Lack of sleep takes its toll on our bodies in more ways than we imagine.   Studies have shown that lack of sleep contributes to cancer, heart disease, obesity, and a weakened immune system.  Not to mention the fact that it makes us less alert during the day, and contributes to a higher level of grumpiness.

According to the National Sleep Foundation, Adults need 7 to 9 hours of sleep per night.  Does that seem unrealistic to you?  Stop and think about how you feel when you get a full, good night’s sleep.  You awaken with more energy, in a better mood, and feel you can conquer the world, or at least that huge pile of work on your desk or those heaps of laundry gathering in the laundry room.

Why can’t you get a full night’s sleep?  Stimulation in the latter part of the evening can make it harder to fall asleep.   Avoid watching television or using your computer an hour before your planned bedtime.  Yes, watching the Late Night show while in bed can make it so it takes longer to fall asleep once you shut the tv off.  And while regular exercise does contribute to better sleeping patterns, it is best left for the earlier parts of your day…in other words, don’t exercise within 3 hours of going to sleep.  This also includes avoiding things like household tasks such as vacuuming and spending 1/2 an hour picking up dirty clothes and toys off the floor.
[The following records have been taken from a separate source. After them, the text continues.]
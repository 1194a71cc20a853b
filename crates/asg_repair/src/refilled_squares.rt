//! The square of an instance, filled anew.

ghost use Rattle.std.specs.Prelude.{◌≡◌, ◌≤◌, []};
ghost use Rattle.asg_model.specs.Limits.{most_cost};
ghost use Rattle.asg_model.specs.Refused.{PassesNegative};
ghost use Rattle.asg_model.specs.Shapes.{square_side};
ghost use Rattle.asg_order.specs.Entering.{MayEnter};
ghost use Rattle.asg_kept_phases.specs.Led.{IsLed};

use asg_admit::Reduced;
use asg_model::{Cost, Instance};
use asg_order::{Kind, Ordered};

/// Makes a reduced square that of an instance, its costs entered and the index the unit: no phase
/// has been applied. It takes no memory.
pub(crate) fn refill<K: Kind>(
    kind: &K,
    inst: &Instance,
    reduced: &mut Reduced<<K::M as Ordered>::Value>,
)
    requires side { reduced.old.now.side ≡ square_side inst.now }
    requires passes { PassesNegative (K.objective kind.now) inst.now }
    requires reach { most_cost ≤ K.reach kind.now }
    ensures { IsLed (K.M.monoid_of (K.monoid kind.now)) (K.M.difference (K.monoid kind.now))
        (K.entered kind.now) inst.now [] reduced.new }
{
    let m = kind.monoid();
    let _rows = inst.rows();
    let enter = |cost: Cost| -> <K::M as Ordered>::Value
        requires { MayEnter (K.objective kind.now) (K.reach kind.now) cost }
        ensures { result ≡ K.entered kind.entry.now cost }
    { kind.enter(cost) };
    reduced.index = m.unit();
    reduced.now.fill(inst, m.unit(), &enter);
}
So what can you do to ensure abetter night’s sleep?  Perhaps grandma was right when she suggested drinking a glass of warm milk before bed…Ayurvedic texts suggest that this ritual promotes a sense of well-being in your body, helping you to relax and fall asleep easier.  Other activities that can help relax you, such as taking a hot bath, reading a chapter of a good book, deep breathing exercises, or dimming the lights and having some lovin’ time with your mate are all great ways to help encourage sleep. 

You can also try using some essential oils to help relax your body and mind to insure sleep.  Just one drop of lavender or jasmine on a tissue, or the corner of your pillow case can contribute to a deeper, more relaxing sleep.  Just don’t overdo it with these oils, as too much of the scent can be stimulating.  Less is more when it comes to using essential oils as sleep aids. 

Do something good for your health, and get a good night’s sleep every night!